Jon Kesselman is the Canada Research Chair in Public Finance and a professor in Simon Fraser University's School of Public Policy
Economists who toil in the policy area often wait years to get the satisfaction of seeing their proposals implemented, and most often they get nothing at all.
Thus, I was gratified to see that the British Columbia government has decided to adopt much of my proposal last year for "saving" the HST -- contingent, of course, on the outcome of the provincial referendum. And as customary in these matters, the economic analyst gets either more or less than he or she had recommended.
My analysis of the HST (revised and extended version to be published in the June, 2011, issue of Canadian Public Policy) found that the net impact on B.C .consumers has been to raise the cost of living by just 0.5 to 0.6 of 1 per cent. The data suggests a high degree of pass-through to consumers of the business tax savings from the HST. Accordingly, I recommended that the B.C. portion of the HST be trimmed by 1 percentage point. Given that the HST covers about 55 per cent of all consumer spending, this rate cut would fully insulate B.C. consumers from the switch to HST.
I also suggested that B.C. corporate income taxes could be increased somewhat if more revenue was needed to fill the gap. Even with a small increase in the corporate rate, retention of the HST was sufficiently important to the future growth of the B.C. economy that it would be a small price to pay -- and could be reversed in the future when budgetary conditions permitted. I further suggested that with an HST rate cut that insulated consumers at all incomes, the compensatory HST credits could be reduced or eliminated.
My original proposals were advanced in two op-ed columns in the Vancouver Sun last fall. A Sun editorial on the HST in late November stated that the "Kesselman proposal" was worthy of serious consideration. Kevin Falcon, then a contender for the B.C. Liberal Party leadership, took up my proposal by suggesting a one or two point cut in the HST. Now, as B.C. Finance Minister, he has had the opportunity to move forward with this approach.

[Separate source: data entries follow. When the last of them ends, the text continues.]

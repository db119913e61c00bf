// made by c/exports.py
//! What a handle can have, each in a struct of its own.
ghost use Rattle.std.specs.Prelude.{◌≡◌};

use crate::place::{FourSlotPlace, TriplePlace};
use crate::record::{
    Record8, Record24, Record64, Record128, Record256, Record1024, Record4096, Record65536,
    Record1048576,
};
use c_boards::Seated;
use c_registers::{FourSlotReader, FourSlotWriter, TripleReader, TripleWriter, Wraps};

/// A place at a board over four-slot cells with records of 24 bytes.
pub type FourSlotSeat24 = Seated<FourSlotPlace<Record24>>;

/// A place at a board over four-slot cells with records of 256 bytes.
pub type FourSlotSeat256 = Seated<FourSlotPlace<Record256>>;

/// A place at a board over four-slot cells with records of 4,096 bytes.
pub type FourSlotSeat4096 = Seated<FourSlotPlace<Record4096>>;

/// A place at a board over triple buffers with records of 24 bytes.
pub type TripleSeat24 = Seated<TriplePlace<Record24>>;

/// A place at a board over triple buffers with records of 256 bytes.
pub type TripleSeat256 = Seated<TriplePlace<Record256>>;

/// A place at a board over triple buffers with records of 4,096 bytes.
pub type TripleSeat4096 = Seated<TriplePlace<Record4096>>;

/// The writing side of a four-slot cell with records of 8 bytes.
#[derive(Drop)]
pub struct FourSlotWriter8 {
    pub it: FourSlotWriter<Record8>,
}

impl Wraps<FourSlotWriter<Record8>> for FourSlotWriter8 {
    ghost use Rattle.std.proofs.Common.{refl};

    ghost inner = { λ d. d.it };

    ghost side = { λ s. record { it = s } };

    #[inline]
    fn inside(&mut self) -> &mut FourSlotWriter<Record8> {
        &mut self.it
    }

    fn whole(variant: FourSlotWriter<Record8>) -> FourSlotWriter8 {
        FourSlotWriter8 { it: variant }
    }

    ghost whole_of = { λ d. refl };
}

/// The reading side of a four-slot cell with records of 8 bytes.
#[derive(Drop)]
pub struct FourSlotReader8 {
    pub it: FourSlotReader<Record8>,
}

impl Wraps<FourSlotReader<Record8>> for FourSlotReader8 {
    ghost use Rattle.std.proofs.Common.{refl};

    ghost inner = { λ d. d.it };

    ghost side = { λ s. record { it = s } };

    #[inline]
    fn inside(&mut self) -> &mut FourSlotReader<Record8> {
        &mut self.it
    }

    fn whole(variant: FourSlotReader<Record8>) -> FourSlotReader8 {
        FourSlotReader8 { it: variant }
    }

    ghost whole_of = { λ d. refl };
}

/// The writing side of a triple buffer with records of 8 bytes.
#[derive(Drop)]
pub struct TripleWriter8 {
    pub it: TripleWriter<Record8>,
}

But as I said, economic policy analysts typically get -- if anything at all -- either more or less than they might wish. A two-point cut in the B.C. HST is twice the amount needed to insulate consumers from the HST price impact. It would not only reverse the HST's impact on consumers but leave them with prices including the HST about half a per cent lower than they would have been under the old sales tax.
Giving B.C. taxpayers and consumers more than needed to compensate them might be good politics. But it is costly in terms of revenues for a province that is seeking to restore budgetary balance and also maintain needed public services. This reduced reliance on the HST also represents a shift in B.C.'s overall tax mix away from the most economically efficient way of collecting revenues. Corporate income tax, in contrast, is the most economically damaging of the major revenue sources.
And paying rebates to families with children and lower-income seniors during the transition to the first of the two one-point rate cuts further dips into provincial revenues. My research (and parallel research for Ontario) has found that the poor and low earners have been net beneficiaries of the HST because their HST credits exceed their incremental tax burdens. Moreover, low-income seniors have been doubly compensated because they get not only the HST credits but also indexing of their OAS and GIS benefits for the small inflation caused by the switch to HST.
Over all, though, I'm not complaining about the B.C. government's strategy to muster public support for retaining the HST. A return to the old provincial sales tax would be costly to provincial revenues and also to the future growth of the B.C. economy. In my view, two loaves are better than none -- even if my order was for a single loaf.